Using a $1 million gift from the Cullen Trust for Health Care, UHCOM will open the facility on the campus of Memorial Hermann Southwest Hospital and plan for it to be the first in a network of clinics that it hopes will open up access to care in Houston, which has the highest rate of uninsured residents in the U.S.

“A direct primary care practice will add value to the local health care ecosystem by tackling one of the most pressing problems of our city: the lack of a comprehensive primary care system for the uninsured,” said University of Houston president, Renu Khator.

High rates of uninsured patients drive up overall healthcare costs for all. With direct primary care, patients can pay a modest monthly membership fee for a broad spectrum of primary healthcare services. Few in Texas and across the U.S., however, specifically target low income patients who do not possess health insurance, especially in Houston, where approximately 25% of the population lacks health insurance. This is more than double the national average.

Under the UHCOM’s DPC, patients will have access to comprehensive primary care services, telehealth, basic office procedures, at cost laboratory testing and access to medications at reduced prices. Same-day or next-day appointments will be guaranteed. The clinic will be located in Southwest Houston where nearly one in three people live below the federal poverty line, and the uninsured rate is 45%. This is five times higher than the nation (9%).

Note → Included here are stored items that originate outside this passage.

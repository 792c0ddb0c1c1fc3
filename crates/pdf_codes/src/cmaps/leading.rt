//! The CMap that leads from codes to CIDs.

ghost use Rattle.std.specs.Prelude.{◌≡◌, ◌≤◌, ◌<◌, ℕ, All, length, IfOk, IfErr, slice_index_or, replicate, None};
ghost use Rattle.subsetter_base.specs.declared.error.Error.TheVariants.{OutOfMemory};
ghost use Rattle.pdf_text.specs.Cmaps.CmapName.{name_of_codes, named_text};
ghost use Rattle.pdf_text.specs.Cmaps.Encoding.{IsPair};
ghost use Rattle.pdf_text.specs.View.{pair_view, pairs_view};
ghost use Rattle.pdf_codes.specs.Cmaps.Leading.{are_cids, cid_in, cid_of, limit, pairs_of_codes, pairs_with, table_pairs};

use pdf_text::{CidOfCode, NamedCmap, write_named_encoding};
use std::alloc::Global;
use subsetter_base::Error;

/// One more than the greatest code.
fn limit_of(pairs: &[CidOfCode]) -> usize
    ensures exact { result ≡ limit (pairs_view pairs.now) }
    ensures small { result ≤ 65536 }
{
    let mut limit = 0;
    for pair in pairs {
        limit = limit.max(usize::from(pair.code) + 1);
    }
    limit
}

/// A table in which no code has a CID.
fn no_cids(alloc: Global, count: usize) -> Result<Vec<Option<u16>>, Error>
    ensures ok { IfOk result (λ cids. cids.items ≡ replicate count None) }
    ensures err { IfErr result (λ e. e ≡ OutOfMemory) }
{
    let mut cids = Vec::with_capacity(alloc, count)?;
    for place in 0..count {
        cids.push(None)?;
    }
    Ok(cids)
}

/// The CID of each code below a limit.
#[tactic(auto, using(crate::proofs::CmapsLaws::LeadingSteps::cid_written, crate::proofs::CmapsLaws::LeadingSteps::cid_kept, crate::proofs::CmapsLaws::LeadingSteps::cid_begun, crate::proofs::CmapsLaws::LeadingSteps::cid_done))]
fn first_cids(alloc: Global, pairs: &[CidOfCode], bound: usize) -> Result<Vec<Option<u16>>, Error>
    requires { bound ≡ limit (pairs_view pairs.now) }
    ensures len { IfOk result (λ cids. length cids.items ≡ bound) }
    ensures ok { IfOk result (λ cids. (k : ℕ) → k < bound → slice_index_or cids.items k None ≡ cid_of (pairs_view pairs.now) k) }
    ensures err { IfErr result (λ e. e ≡ OutOfMemory) }
{
    let mut cids = no_cids(alloc, bound)?;
    for pair in pairs {
        let code = usize::from(pair.code);
        if cids[code].is_none() {
            cids[code] = Some(pair.cid);
        }
    }
    Ok(cids)
}

/// A code with its CID.
fn pair_of(code: usize, cid: u16) -> CidOfCode
    requires { code < 65536 }
    ensures pair { pair_view result ≡ record { code = code; cid = cid } }
    ensures is_pair { IsPair (pair_view result) }
{
    CidOfCode {
        code: code as u16,
        cid,
    }
}

/// The pairs of a table, which has at most 65,536 codes.
#[tactic(auto, using(crate::proofs::CmapsLaws::LeadingSteps::pair_added))]
fn pairs_in(alloc: Global, cids: &[Option<u16>]) -> Result<Vec<CidOfCode>, Error>
    requires { length cids.now ≤ 65536 }
    ensures ok { IfOk result (λ pairs. pairs_view pairs.items ≡ table_pairs 0 cids.now) }
    ensures are_pairs { IfOk result (λ pairs. All IsPair (pairs_view pairs.items)) }
    ensures err { IfErr result (λ e. e ≡ OutOfMemory) }
{
    let mut pairs = Vec::new(alloc);
    for place in 0..cids.len() {
        if let Some(cid) = cids[place] {
            pairs.push(pair_of(place, cid))?;
        }
    }
    Ok(pairs)
}

/// Each code with its CID, and code 0 with CID 0.
#[tactic(auto, using(crate::proofs::CmapsLaws::LeadingSteps::zipped_end))]
pub fn pairs_with(alloc: Global, codes: &[u16], cids: &[u16]) -> Result<Vec<CidOfCode>, Error>
    ensures ok { IfOk result (λ pairs. pairs_view pairs.items ≡ pairs_with codes.now cids.now) }
    ensures err { IfErr result (λ e. e ≡ OutOfMemory) }
{
    let mut pairs = Vec::with_capacity(alloc, codes.len().saturating_add(1))?;
    pairs.push(CidOfCode { code: 0, cid: 0 })?;
    for place in 0..codes.len().min(cids.len()) {
        pairs.push(CidOfCode {
            code: codes[place],
            cid: cids[place],
        })?;
    }
    Ok(pairs)
}

/// Whether each code is its CID.
pub fn are_cids(pairs: &[CidOfCode]) -> bool
    ensures { result ≡ are_cids (pairs_view pairs.now) }
{
    for pair in pairs {
        if pair.code != pair.cid {
            return false;
        }
    }
    true
}

/// A pair for each code, in ascending order.
#[tactic(auto, using(crate::proofs::CmapsLaws::LeadingSteps::pairs_are))]
fn ascending(alloc: Global, pairs: &[CidOfCode]) -> Result<Vec<CidOfCode>, Error>
    ensures ok { IfOk result (λ v. pairs_view v.items ≡ pairs_of_codes (pairs_view pairs.now)) }
    ensures are_pairs { IfOk result (λ v. All IsPair (pairs_view v.items)) }
    ensures err { IfErr result (λ e. e ≡ OutOfMemory) }
{
    let cids = first_cids(alloc, pairs, limit_of(pairs))?;
    pairs_in(alloc, &cids)
}

/// The CMap of codes and their CIDs, each code once, in ascending order.
pub fn write_leading(alloc: Global, vertical: bool, pairs: &[CidOfCode]) -> Result<NamedCmap, Error>
    ensures name { IfOk result (λ c. c.name.items ≡ name_of_codes vertical (pairs_of_codes (pairs_view pairs.now))) }
    ensures text { IfOk result (λ c. c.text.items ≡ named_text vertical (pairs_of_codes (pairs_view pairs.now))) }
    // The CMap is read: each code leads to its CID.
    ensures read { IfOk result (λ c. (k : ℕ) → cid_in c.text.items k ≡ cid_of (pairs_view pairs.now) k) }
    ensures err { IfErr result (λ e. e ≡ OutOfMemory) }
{
    let written = ascending(alloc, pairs)?;
    write_named_encoding(alloc, vertical, written.as_slice())
}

UHCOM faculty physicians will work on-site as staff and train UH health professions students at the facility. In addition to access for uninsured patients, the facility will enhance focus on population health and social determinants of health, and aims to form trusting relationships with these patients. The university hopes to establish DPC practices in other communities of Greater Houston to reduce health disparities.

“We aim to improve the health of our patients by addressing their social determinants of health and effectively managing their chronic conditions, while avoiding unnecessary hospitalizations or emergency visits,” said Omar Matuk-Villazon, director of the direct primary care clinic and UHCOM clinical assistant professor of pediatrics. “Bottom line, our goal is to partner with our patients to improve their health.”